One Day I Will Rule the World

World Domination, Babies and Middle Eastern Dance

February 19, 2011

And in this lies the need to be here together.

I’m in one of those weird spaces where I feel affectionate and forgiving about the whole world. Not sure how that came about, really.

Most of where I notice it is at work. There are projects that are coming together. Even though now is a really difficult time for it, my (almost newly formed, slightly transformed) team is starting to come together. And there are a lot of personal interactions that seem more positively charged this week.

If part of the change is in me, I wonder how much of a limb I’d be going out on to credit the yoga and the bits of meditation that I manage to fit in with the yoga. I am, I swear, as frazzled and spread-too-thin this week as I have been any other week. I am as sleep-deprived and exhausted this week as any other week. But I have more clarity, more grounding, more understanding, more confidence.

I think that often, as an introvert, I am really guarded in my interactions with people. It’s maybe not spiritually healthy, but it is entirely honest and appropriate for introverts to take care about what others might take from them or do to overpower them in social interactions. But as much as I would defend that as valid for introverts, that’s not the spirit with which I’ve been interacting just recently. I feel like this week in particular, I’ve frequently found myself in conversations with people, really seeing them and also much more vulnerable to them but not scared about it. When I would see someone do something that pushed someone else’s buttons, or even my own buttons, I would also have a lot of clarity about what motivated that action or speech. I would be able to mentally articulate, “that person is feeling threatened by this situation” or “that person needs very much to try to show us their intellectual worth right now, so much that they don’t see that their display is at someone else’s expense” or “that person is exhausted and caught between perfectly natural momentary irritability and fear that others will see them as fundamentally irritable if they give in to it.”

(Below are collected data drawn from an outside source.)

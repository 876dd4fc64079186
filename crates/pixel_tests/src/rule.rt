//! Four numbers and rows of numbers combined, as tables; depths, permits and steps.
ghost use Rattle.std.specs.Prelude.{◌≡◌, ◌*◌, All, IsTrue, length};
ghost use Rattle.parent_rule.specs.Depth.{IsNumber};

use parent_rule::Combine::{self, Mean, Median};
use parent_rule::{
    Depth, Permit, PixelNumber, Steps, mean_of_four, mean_of_full, mean_rows, mean4, median_of_four,
};

// Whether each is a number of the depth.
fn are_numbers(depth: Depth, numbers: &[i64]) -> bool
    ensures { IsTrue result → All (IsNumber depth.bitpix) numbers.now }
{
    numbers.iter().all(|number| depth.holds(*number))
}

// Whether the four are numbers of the depth, and give that one.
fn give(depth: Depth, four: &[i64; 4], wanted: i64) -> bool {
    are_numbers(depth, four) && mean4(*four, depth) == wanted
}

// The blank numbers of the tables of 16 and of 32 bits.
const B: i64 = -32768;

const B16: i16 = -32768;

const B32: i32 = -2147483648;

// How four numbers are combined, the bits of each, the blank one, the four, and what they give.
type FourRow = (Combine, u8, i64, [i64; 4], i64);

static FOURS: [FourRow; 19] = [
    (Mean, 16, B, [1, 2, B, B], 2),
    (Mean, 16, B, [-1, -2, B, B], -1),
    (Mean, 16, B, [1, 2, 3, 5], 3),
    (Mean, 16, B, [B, B, B, B], B),
    (Mean, 16, 0, [-1, 1, 0, 0], 1),
    (Mean, 16, B, [B, B, -7, B], -7),
    (Mean, 16, B, [1, B, 1, 2], 1),
    (Mean, 16, B, [B, 1, 2, 2], 2),
    (Mean, 16, B, [-1, -1, B, -2], -1),
    (Mean, 16, B, [-1, -2, -2, B], -2),
    (Mean, 16, B, [-1, -2, -3, -4], -2),
    (
        Mean,
        64,
        i64::MIN,
        [i64::MAX, i64::MAX, i64::MAX, i64::MAX],
        i64::MAX,
    ),
    (Median, 16, B, [1, 2, 3, 5], 2),
    (Median, 16, B, [-1, -2, B, B], -2),
    (Median, 16, B, [7, B, B, B], 7),
    (Median, 16, B, [B, B, B, B], B),
    (Median, 16, B, [3, 1, 2, B], 2),
    (Median, 16, B, [B, 5, 1, 5], 5),
    (Median, 16, B, [9, -4, B, 0], 0),
];

// Whether the four of a row give what it says.
fn four_give((combine, bitpix, blank, four, wanted): &FourRow) -> bool {
    match Depth::new(*bitpix, *blank) {
        Some(depth) => give(depth.with(*combine), four, *wanted),
        None => false,
    }
}

#[test]
fn combines_four(rt: HostRuntime) {
    for row in &FOURS {
        assert!(rt; four_give(row), "{row:?}");
    }
}

// Each row: the bits of a number, the blank one, and whether there is such a depth.
static DEPTHS: [(u8, i64, bool); 10] = [
    (8, 255, true),
    (8, 256, false),
    (8, -1, false),
    (16, -32768, true),
    (16, 32768, false),
    (32, -2147483648, true),
    (32, 2147483648, false),
    (64, i64::MIN, true),
    (12, 0, false),
    (0, 0, false),
];

// Each row: the bits of a number, and its bytes.
static WIDTHS: [(u8, usize); 4] = [(8, 1), (16, 2), (32, 4), (64, 8)];

// Whether there is a depth of these bits and bytes with 3 as the blank number, which takes either way to combine.
fn has_width(bitpix: u8, bytes: usize) -> bool {
    let Some(depth) = Depth::new(bitpix, 3) else {
        return false;
    };
    let median = depth.with(Median);
    depth.bitpix() == bitpix
        && depth.bytes() == bytes
        && depth.blank() == 3
        && depth.combine() == Mean
        && median.combine() == Median
        && median.with(Mean) == depth
}

#[test]
fn knows_the_depths(rt: HostRuntime) {
    for (bitpix, blank, known) in &DEPTHS {
        let is_known = Depth::new(*bitpix, *blank).is_some();
        assert!(rt; is_known == *known, "{bitpix} bits, blank {blank}");
    }
    for (bitpix, bytes) in &WIDTHS {
        assert!(rt; has_width(*bitpix, *bytes), "{bitpix} bits");
    }
}

// Issues a permit, consumes it, and answers whether it is that cell's, and the steps are then so many.
fn issues(npix: u64, steps: &mut Steps, count: u64) -> bool {
    let permit = Permit::issue(29, npix, steps);
    let is_its = permit.order() == 29 && permit.npix() == npix;
    permit.spend();
    is_its && steps.count() == count
}

#[test]
fn counts_permits(rt: HostRuntime) {
    let mut steps = Steps::new();
    assert!(rt; steps.count() == 0);
    assert!(rt; issues(0, &mut steps, 1));
    assert!(rt; issues(u64::MAX, &mut steps, 2));
    assert!(rt; issues(7, &mut steps, 3));
    steps.tick();
    assert!(rt; steps.count() == 4);
}

// Combines two rows, and answers whether each place has what the four numbers under it give.
fn agrees(depth: Depth, top: &[i64], bottom: &[i64], out: &mut [i64]) -> bool
    requires top_length { length top.now ≡ 2 * length out.old }
    requires bottom_length { length bottom.now ≡ 2 * length out.old }
    requires top { All (IsNumber depth.bitpix) top.now }
    requires bottom { All (IsNumber depth.bitpix) bottom.now }
{
    mean_rows(top, bottom, depth, out);
    for (i, number) in out.iter().enumerate() {
        let square = [top[2 * i], bottom[2 * i], top[2 * i + 1], bottom[2 * i + 1]];
        if !give(depth, &square, *number) {
            return false;
        }
    }
    true
}

const BLANK: i64 = 255;

// The two rows that are combined: blank at their first two places, and then here and there.
fn fill_rows(top: &mut [i64; 130], bottom: &mut [i64; 130]) {
    for i in 0..126 {
        if i % 5 > 0 {
            top[i + 2] = (i * 37 % 251) as i64;
        }
        if i % 7 > 1 {
            bottom[i + 2] = (i * 91 % 255) as i64;
        }
    }
}

// Whether the last places of the two rows are combined rightly, by both rules.
fn length_agrees(bitpix: u8, top: &[i64; 130], bottom: &[i64; 130], length: usize) -> bool {
    let Some(depth) = Depth::new(bitpix, BLANK) else {
        return false;
    };
    if length > 65 {
        return false;
    }
    let mut out = [0; 65];
    let top = &top[130 - 2 * length..];
    let bottom = &bottom[130 - 2 * length..];
    let out = &mut out[..length];
    are_numbers(depth, top)
        && are_numbers(depth, bottom)
        && agrees(depth, top, bottom, out)
        && agrees(depth.with(Median), top, bottom, out)
}

static LENGTHS: [usize; 6] = [0, 1, 7, 8, 9, 65];

#[test]
fn combines_rows_place_by_place(rt: HostRuntime) {
    let mut top = [BLANK; 130];
    let mut bottom = [BLANK; 130];
    fill_rows(&mut top, &mut bottom);
    for (bitpix, _) in &WIDTHS {
        for length in &LENGTHS {
            assert!(rt;
                length_agrees(*bitpix, &top, &bottom, *length),
                "{length} places of {bitpix} bits"
            );
        }
    }
}

// How four numbers of 8 bits are combined, the blank number, the four, and what they give.
static FOURS_OF_8: [(Combine, u8, [u8; 4], u8); 13] = [
    (Mean, 255, [1, 2, 255, 255], 2),
    (Mean, 0, [254, 255, 255, 0], 255),
    (Mean, 0, [255, 255, 255, 255], 255),
    (Mean, 255, [0, 0, 0, 1], 0),
    (Mean, 0, [0, 0, 0, 0], 0),
    (Mean, 2, [1, 1, 3, 3], 3),
    (Mean, 128, [127, 129, 128, 128], 129),
    (Mean, 255, [255, 3, 255, 255], 3),
    (Median, 255, [1, 2, 3, 5], 2),
    (Median, 255, [255, 5, 1, 5], 5),
    (Median, 0, [255, 0, 0, 255], 255),
    (Median, 7, [7, 7, 7, 7], 7),
    (Median, 7, [9, 8, 200, 7], 9),
];

// Whether the four give that one, without a blank also by the form of the mean for such.
fn give_at<N: PixelNumber>(combine: Combine, blank: N, four: &[N; 4], wanted: N) -> bool {
    let [a, b, c, d] = *four;
    if combine == Median {
        return median_of_four(a, b, c, d, blank) == wanted;
    }
    let no = blank.wide();
    if a.wide() != no && b.wide() != no && c.wide() != no && d.wide() != no {
        if mean_of_full(a, b, c, d, blank) != wanted {
            return false;
        }
    }
    mean_of_four(a, b, c, d, blank) == wanted
}

// The same of numbers of 16 bits.
static FOURS_OF_16: [(Combine, i16, [i16; 4], i16); 13] = [
    (Mean, B16, [32767, 32767, 32767, 32767], 32767),
    (Mean, B16, [-32767, -32767, -32767, -32767], -32767),
    (Mean, 0, [B16, B16, B16, B16], B16),
    (Mean, B16, [B16, -32767, 32767, B16], 0),
    (Mean, -1, [-3, 1, -2, 0], 0),
    (Mean, -1, [-3, 1, -1, -1], 0),
    (Mean, B16, [-1, -2, -3, -4], -2),
    (Mean, B16, [1, B16, 1, 2], 1),
    (Median, B16, [5, 3, 2, 1], 2),
    (Median, B16, [-1, -2, B16, B16], -2),
    (Median, 0, [B16, 32767, 32767, 0], 32767),
    (Median, B16, [32767, B16, B16, B16], 32767),
    (Median, B16, [9, -4, B16, 0], 0),
];

const MOST: i32 = 2147483647;

// The same of numbers of 32 bits.
static FOURS_OF_32: [(Combine, i32, [i32; 4], i32); 12] = [
    (Mean, B32, [MOST, MOST, MOST, MOST], MOST),
    (Mean, 0, [B32, B32, B32, B32], B32),
    (Mean, 0, [B32, MOST, B32, MOST], 1),
    (Mean, B32, [B32, -2147483647, MOST, B32], 0),
    (Mean, 7, [7, 6, 8, 7], 8),
    (Mean, B32, [B32, B32, B32, B32], B32),
    (Mean, B32, [-1, -2, -3, -4], -2),
    (Mean, B32, [1, B32, 2, 2], 2),
    (Median, B32, [5, 3, 2, 1], 2),
    (Median, B32, [B32, B32, B32, B32], B32),
    (Median, 1, [B32, 1, MOST, 1], B32),
    (Median, B32, [4, 4, 4, B32], 4),
];

#[test]
fn combines_four_of_each_width(rt: HostRuntime) {
    for (combine, blank, four, wanted) in &FOURS_OF_8 {
        assert!(rt;
            give_at(*combine, *blank, four, *wanted),
            "{four:?}, blank {blank}"
        );
    }
    for (combine, blank, four, wanted) in &FOURS_OF_16 {
        assert!(rt;
            give_at(*combine, *blank, four, *wanted),
            "{four:?}, blank {blank}"
        );
    }
    for (combine, blank, four, wanted) in &FOURS_OF_32 {
        assert!(rt;
            give_at(*combine, *blank, four, *wanted),
            "{four:?}, blank {blank}"
        );
    }
}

So that’s what I mean about affection for the world. My aunt used to say that she thought that the deeper you understand someone, the more affection you naturally end up having for them. I think there’s a lot of truth in that. Obviously you have more compassion for people that you care about. For example, you are more likely to interpret their actions in a positive light, to see how their negative or annoying actions stem from their histories, insecurities or other transient circumstances. Whatever it is, when you are feeling affectionate, you aren’t likely to ascribe those actions to some innate and permanent character flaw – not the way you can dismiss , for example, other drivers on the road as assholes and morons. So it stands to reason that if you have an understanding of someone else’s circumstances, you’re also more likely to see their negative actions compassionately.

Whether that begets affection or just mimics the compassion-effect of affection is kind of immaterial. But I do think that moments of understanding beget real affection, too. I notice in my family – that if Ian or I spontaneously get all, “OMG I heart you” it’s usually because one of us has just has just seen something that makes it clear how well we understand each other.

It is often not the positive aspects in the people we love that strengthen that affection – it’s just that moment of, “Oh that’s so them.”

Like how when Ethan does something to outsmart you and acts both humourous and smug about it, most of my family will go, “Hahahaa. Oh man. But hahahaha. I love that kid. But oh god what a kid.”